OFA-Sys / gsm8k-ScRel

Codes and Data for Scaling Relationship on Learning Mathematical Reasoning with Large Language Models
https://arxiv.org/abs/2308.01825
212 stars 16 forks source link

Questions about RFT Inference #6

Closed waterhorse1 closed 1 year ago

waterhorse1 commented 1 year ago

Thanks for this great work. I have two questions: the first one is that the generation code for 7b/13b seems to be missing. The second is about the specific hyperparameter settings. The default hyperparameters set in single_inference_30b.py are not reasonable for generating different reasoning paths.

Thank you for your help!

GanjinZero commented 1 year ago

You want to check group_7b_13b.sh.

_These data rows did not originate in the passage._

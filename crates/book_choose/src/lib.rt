// Choosing the image to build an order with: judge's verdict, and then whether the rules of a lent list that fit name one image. Nothing lent is
// changed. Assumes nothing beyond each inner function's `requires`.
#![tactic(auto)]

ghost use Rattle.std.specs.Prelude.{◌≡◌, ◌≤◌};
ghost use Rattle.figures.specs.Limits.{least_k, greatest_k};
ghost use Rattle.figures.specs.Numbers.{done};
ghost use Rattle.order.specs.Reading.{cause_of};
ghost use Rattle.book_choosing.specs.Choosing.{choose_of};
ghost use Rattle.book_choosing.specs.Walking.{told_of, chosen_for, chosen_told};

use book_choosing::{Chosen, Named};
use book_rules::{rule_at, with_rule};
use figures::{Depth, Refusal, limits, numbers};
use order_check::{Lines, go_over, level_lines};

// What is chosen by what the rules that fit name.
fn told(named: Named) -> Result<u16, Refusal>
    ensures { chosen_told result ≡ told_of named }
{
    match named {
        Named::Nothing => Err(Refusal::NoImage),
        Named::One(image) => Ok(image),
        Named::Two => Err(Refusal::TwoImages),
    }
}

// The image that is chosen for an order by a rule list, in one pass over the rules: all are looked at for their layout, so that a rule that is none
// is told even where two before it differ.
fn by_rules(lines: &Lines, k: Depth, rules: &[u16]) -> Result<u16, Refusal>
    requires { (least_k ≤ k.k) × (k.k ≤ greatest_k) }
    ensures { chosen_told result ≡ chosen_for k.k lines.now.order.words.now rules.now }
{
    let count = *rules.first().ok_or(Refusal::NoRules)?;
    if limits::MOST_RULES < count {
        return Err(Refusal::NoRules);
    }
    let mut stack = [0u16; limits::MOST_NODES];
    let d = k.of_middles();
    let mut at = 1;
    let mut named = Named::Nothing;
    for _ in 0..count {
        let end = rule_at(rules, at, k, &mut stack).ok_or(Refusal::NoRules)?;
        let image = rules[at];
        let tree = &rules[at + 2..end];
        named = with_rule(lines, d, named, image, tree);
        at = end;
    }
    if at != rules.len() {
        return Err(Refusal::NoRules);
    }
    told(named)
}

// The image that is chosen for an order that passes by a book of this k.
fn image_for(order: &[u16], k: Depth, rules: &[u16]) -> Result<u16, Refusal>
    requires order_value { cause_of order.now ≡ done }
    requires least_k_le_k { (least_k ≤ k.k) × (k.k ≤ greatest_k) }
    ensures { chosen_told result ≡ chosen_for k.k order.now rules.now }
{
    let mut spans = [0u16; limits::MOST_WORDS];
    let order = go_over(order, &mut spans).unwrap();
    let mut levels = [0u8; limits::MOST_NODES];
    let lines = level_lines(order, &mut levels);
    by_rules(&lines, k, rules)
}

// What is answered for an image, or for a refusal, which has line 0.
fn answered(image: Result<u16, Refusal>) -> Chosen
    ensures { result ≡ chosen_told image }
{
    match image {
        Ok(image) => Chosen {
            number: numbers::DONE,
            line: 0,
            image,
        },
        Err(refusal) => Chosen {
            number: refusal.number(),
            line: 0,
            image: 0,
        },
    }
}

// Chooses the image to build an order with: judge's refusals and verdicts with their lines, then 32, 30, 31, or 0 with the image.
pub fn choose(book: &[u16], order: &[u16], rules: &[u16]) -> Chosen
    ensures { result ≡ choose_of book.now order.now rules.now }
{
    let answer = book_judge::judge(book, order).answer;
    if answer.number != numbers::DONE {
        return Chosen {
            number: answer.number,
            line: answer.line,
            image: 0,
        };
    }
    let k = Depth::new(book[limits::K_WORD]).unwrap();
    answered(image_for(order, k, rules))
}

We have discussed in the paper, if you use temp=0.7 for 33b, you will generate like 2 different paths for 100 sampling times. If you use temp=1.0, you will have 4 different paths for 100 sampling times.

GanjinZero commented 1 year ago

I will upload gen_train.sh later.

waterhorse1 commented 1 year ago

@GanjinZero What kind of decoding strategy are you using, direct sampling or beam search?

GanjinZero commented 1 year ago

sampling

waterhorse1 commented 1 year ago

thanks for your answer! I will close the issue.